Here is an attempted solution, which may do what you want.

ClearAll[f]
SetAttributes[f,{Flat,OneIdentity}]
a_f /; Length[Unevaluated[a]]==1 := Identity@@Unevaluated[a]

It worked on the examples you gave below. The idea is that the rule 

a_f ... 

only fires after Flat has done its thing. The problem is that defining a
rule this way requires you to use Unevaluated so that you don't get
into an infinite loop.

Is this what you were looking for?

Carl Woll
Dept of Physics
U of Washington

On Thu, 12 Mar 1998 Ersek_Ted%PAX1A@mr.nawcad.navy.mil wrote:

> 
> At     http://www.wolfram.com/support/Kernel/Symbols/findsymbol.cgi
> Wolfram Research Technical Support points out that you will run into
> trouble  if you have a function (f) with the Flat attribute, and the
> rule ( f[p_]:=p  ).
> If (f) has these properties then ( f[1,2] ) will result in infinite 
> iteration.
> 
> However:
> (1)  Plus is flat.
> (2)   ClearAll[p]; Plus[p]   evaluates to (p). (3)   ClearAll[a,b];
> Plus[a,b] doesn't result in infinite iteration.
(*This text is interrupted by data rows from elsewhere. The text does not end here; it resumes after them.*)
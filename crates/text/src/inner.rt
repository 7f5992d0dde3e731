// Parts that ask something of their caller: a run of digits, a number with decimals, a letter among a few, where a
// field or a line ends, and writers into a buffer that has room. A writer writes from a place on and answers the place
// past its text.
ghost use Rattle.std.specs.Prelude.{◌≡◌, ◌+◌, ◌*◌, ◌^◌, ◌<◌, ◌≤◌, ◌==◌, [], ◌∷◌, length, drop};
ghost use Rattle.std.specs.Prelude.{position};
ghost use Rattle.text.specs.Number.{digits_of, max_decimals, decimal_of, show_number, show_whole};
ghost use Rattle.text.specs.Number.{show_digits, show_decimal, show_level, show_thousandths};
ghost use Rattle.text.specs.Letter.{letter_of};
ghost use Rattle.text.specs.Field.{up_to};
ghost use Rattle.text.specs.Line.{end_at, first_line};
ghost use Rattle.text.specs.Spelled.{byte, crlf};
ghost use Rattle.text.specs.Sheet.{refused_text};
ghost use Rattle.text.specs.InnerWithin.{longest_number, longest_field, longest_level, longest_thousandths};
ghost use Rattle.text.specs.InnerWithin.{longest_refused, WroteWithin};
ghost use Rattle.room.specs.Room.{Wrote};

use crate::number::whole;

// The value of a run of at most seven digits.
pub fn digits(s: &[u8]) -> Option<u32>
    requires { length s.now ≤ 7 }
    ensures { result ≡ digits_of 0 s.now }
{
    let mut value: u32 = 0;
    for c in s {
        if *c < b'0' || b'9' < *c {
            return None;
        }
        value = value * 10 + (*c - b'0') as u32;
    }
    Some(value)
}

// 10 to the d.
fn power(d: usize) -> u32
    requires { d ≤ max_decimals }
    ensures { result ≡ 10 ^ d }
{
    10u32.pow(d as u32)
}

// A number with d decimals: one to three digits, a point and d digits, no needless leading zero; in parts of its unit.
pub fn decimal(s: &[u8], d: usize) -> Option<u32>
    requires { d ≤ max_decimals }
    ensures { result ≡ decimal_of d s.now }
{
    let n = s.len();
    if n < d + 2 || d + 4 < n {
        return None;
    }
    let point = n - (d + 1);
    if s[point] != b'.' {
        return None;
    }
    let units = whole(&s[..point])?;
    let parts = digits(&s[point + 1..])?;
    Some(units * power(d) + parts)
}

// The first place of a byte.
fn place(s: &[u8], b: u8) -> Option<usize>
    ensures { result ≡ position (λ c. c == b) s.now }
{
    s.iter().position(|c| *c == b)
}

// The place of a letter among a few.
pub fn letter(t: &[u8], letters: &[u8]) -> Option<u32>
    requires { length letters.now ≤ 3 }
    ensures { result ≡ letter_of letters.now t.now }
{
    if t.len() != 1 {
        return None;
    }
    Some(place(letters, t[0])? as u32)
}

// The place of the next parting byte `d` at or after `at`, or the text's length.
pub fn field_end(s: &[u8], at: usize, d: u8) -> usize
    requires { at ≤ length s.now }
    ensures { result ≡ at + length (up_to d (drop at s.now)) }
{
    match place(&s[at..], d) {
        Some(length) => at + length,
        None => s.len(),
    }
}

// The place of the next CRLF at or after `at`, or the text's length.
pub fn line_end(s: &[u8], at: usize) -> usize
    requires { at ≤ length s.now }
    ensures { result ≡ at + length (first_line (drop at s.now)) }
{
    for i in at..s.len() {
        if ends_line(s, i) {
            return i;
        }
    }
    s.len()
}

// Whether a CRLF stands at `at`.
fn ends_line(s: &[u8], at: usize) -> bool
    requires { at < length s.now }
    ensures { result ≡ end_at s.now at }
{
    s[at..].starts_with(b"\r\n")
}

// One byte.
pub fn put_byte(out: &mut [u8], at: usize, b: u8) -> usize
    requires { at < length out.old }
    ensures { Wrote out.old at (b ∷ []) out.new result }
{
    out[at] = b;
    at + 1
}

// A text as it stands.
pub fn put_text(out: &mut [u8], at: usize, text: &[u8]) -> usize
    requires { at + length text.now ≤ length out.old }
    ensures { Wrote out.old at text.now out.new result }
{
    out[at..at + text.len()].copy_from_slice(text);
    at + text.len()
}

// A number: the digits of its tenth, if there are any, then its last digit.
pub fn put_number(out: &mut [u8], at: usize, n: u64) -> usize
    requires { at + length (show_number n) ≤ length out.old }
    ensures { Wrote out.old at (show_number n) out.new result }
{
    let digit = b'0' + (n % 10) as u8;
    if n < 10 {
        return put_byte(out, at, digit);
    }
    let next = put_number(out, at, n / 10);
    put_byte(out, next, digit)
}

// A whole number of a file, which has at most seven digits.
pub fn put_whole(out: &mut [u8], at: usize, n: u32) -> usize
    requires { (n < 10000000) × (at + length (show_whole n) ≤ length out.old) }
    ensures { Wrote out.old at (show_whole n) out.new result }
{
    put_number(out, at, n as u64)
}

// d digits.
pub fn put_digits(out: &mut [u8], at: usize, n: u32, d: usize) -> usize
    requires { (d ≤ max_decimals) × (n < 10 ^ d) × (at + d ≤ length out.old) }
    ensures { Wrote out.old at (show_digits d n) out.new result }
{
    let mut left = n;
    let mut next = at;
    for k in (0..d).rev() {
        let parts = power(k);
        next = put_byte(out, next, b'0' + (left / parts) as u8);
        left = left % parts;
    }
    next
}

// A number with d decimals: its units, a point and d digits.
pub fn put_decimal(out: &mut [u8], at: usize, n: u32, d: usize) -> usize
    requires { (d ≤ max_decimals) × (n < 10000000 * 10 ^ d)
        × (at + length (show_decimal d n) ≤ length out.old) }
    ensures { Wrote out.old at (show_decimal d n) out.new result }
{
    let parts = power(d);
    let point = put_whole(out, at, n / parts);
    let next = put_byte(out, point, b'.');
    put_digits(out, next, n % parts, d)
}

// A level, which has two decimals.
pub fn put_level(out: &mut [u8], at: usize, n: u32) -> usize
    requires { (n < 100000) × (at + length (show_level n) ≤ length out.old) }
    ensures { Wrote out.old at (show_level n) out.new result }
{
    put_decimal(out, at, n, 2)
}

// A level of a network, which has three.
pub fn put_thousandths(out: &mut [u8], at: usize, n: u32) -> usize
    requires { (n < 1000000) × (at + length (show_thousandths n) ≤ length out.old) }
    ensures { Wrote out.old at (show_thousandths n) out.new result }
{
    put_decimal(out, at, n, 3)
}

// A number, in room for the longest; and with a comma before it.
pub fn put_any_number(out: &mut [u8], at: usize, n: u64) -> usize
    requires { at + longest_number ≤ length out.old }
    ensures { WroteWithin longest_number out.old at (show_number n) out.new result }
{
    put_number(out, at, n)
}

pub fn put_field(out: &mut [u8], at: usize, n: u64) -> usize
    requires { at + longest_field ≤ length out.old }
    ensures { WroteWithin longest_field out.old at (byte "," ∷ show_number n)
        out.new result }
{
    let next = put_byte(out, at, b',');
    put_any_number(out, next, n)
}

// A comma, and a text as it stands.
pub fn put_word(out: &mut [u8], at: usize, text: &[u8]) -> usize
    requires { at + 1 + length text.now ≤ length out.old }
    ensures { Wrote out.old at (byte "," ∷ text.now) out.new result }
{
    let next = put_byte(out, at, b',');
    put_text(out, next, text)
}

// A level, in room for the longest; and one of a network.
pub fn put_any_level(out: &mut [u8], at: usize, n: u32) -> usize
    requires { (n < 100000) × (at + longest_level ≤ length out.old) }
    ensures { WroteWithin longest_level out.old at (show_level n) out.new result }
{
    put_level(out, at, n)
}

pub fn put_any_thousandths(out: &mut [u8], at: usize, n: u32) -> usize
    requires { (n < 1000000) × (at + longest_thousandths ≤ length out.old) }
    ensures { WroteWithin longest_thousandths out.old at (show_thousandths n)
        out.new result }
{
    put_thousandths(out, at, n)
}

// The end of a line.
pub fn put_end(out: &mut [u8], at: usize) -> usize
    requires { at + 2 ≤ length out.old }
    ensures { WroteWithin 2 out.old at crlf out.new result }
{
    let next = put_byte(out, at, b'\r');
    put_byte(out, next, b'\n')
}

// A refusal's one line, at the front.
pub fn put_refused(out: &mut [u8], number: u32, line: u64) -> usize
    requires { longest_refused ≤ length out.old }
    ensures { WroteWithin longest_refused out.old 0 (refused_text number line)
        out.new result }
{
    let word = put_text(out, 0, b"refused");
    let first = put_field(out, word, number as u64);
    let second = put_field(out, first, line);
    put_end(out, second)
}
The same thing goes for
> Times.   So how can a user create a function that  works this way? 
> What works for Plus and Times should be possible for a user  defined
> function!
> 
> One Mathematica expert has told me it's impossible.  I couldn't believe
> it,  so I continued searching for a solution.  I think I found one.
> 
> In[1]:=
> $Post=ReplaceAll[#,f[a_]->a]&;
> Attributes[f]={Flat,OneIdentity};
> 
> With the definitions above layers of (f) are automatically flattened in 
> Out[2].
> The Flat attribute is used in pattern matching to give Out[3]. In Out[4]
> we see ( f[t] ) evaluates to (t).  It seems to work.
> 
> In[2]:=
> f[1,2,f[3,4],f[5,f[6]]]
> Out[2]=
> f[1,2,3,4,5,6]
> 
> In[3]:=
> f[1,2,3]/.f[p_,q_]:>{p,q}/;Length[p]==2
> 
> Out[3]=
> {f[1,2],3}
> 
> In[4]:=
> f[t]
> 
> Out[4]=
> t
> 
> 
> Question:
> Is it possible to do this without giving $Post a rule that must be
> applied  to every expression?
> I was able to do this in the line below, but I have to add the rule at
> the  end of any Cell where it should be used.  Is it possible to
> automatically  get this result without having the rule applied to every
> expression?
> 
> In[5]:=
> Attributes[g]={Flat,OneIdentity};
> 
> In[6]:=
> g[t]/.g[a_]->a
> 
> Out[6]=
> t    
> 
> 
> Ted Ersek
> 
> 
>